## Your assignment
Leaving nothing out, set down all the data exactly.

## Source records
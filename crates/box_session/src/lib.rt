//! Sessions: one man works his own box, call by call. Behind each of his calls the other boxes go on by their scripts,
//! on one thread, up to where each is stopped at an await that the line doesn't satisfy, or has ended.
#![tactic(auto)]

mod laws;
mod made_call;
mod others;
mod session;
mod work;

pub use laws::session_law;
pub use made_call::{MOST_MADE, MadeCall};
pub use session::Session;
pub use work::has_empty_script;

## Result of this exercise
filename crates/box_session/src/lib.rt
//! Sessions: one man works his own box, call by call. Behind each of his calls the other boxes go on by their scripts,
//! on one thread, up to where each is stopped at an await that the line doesn't satisfy, or has ended.
#![tactic(auto)]

mod laws;
mod made_call;
mod others;
mod session;
mod work;

pub use laws::session_law;
pub use made_call::{MOST_MADE, MadeCall};
pub use session::Session;
pub use work::has_empty_script;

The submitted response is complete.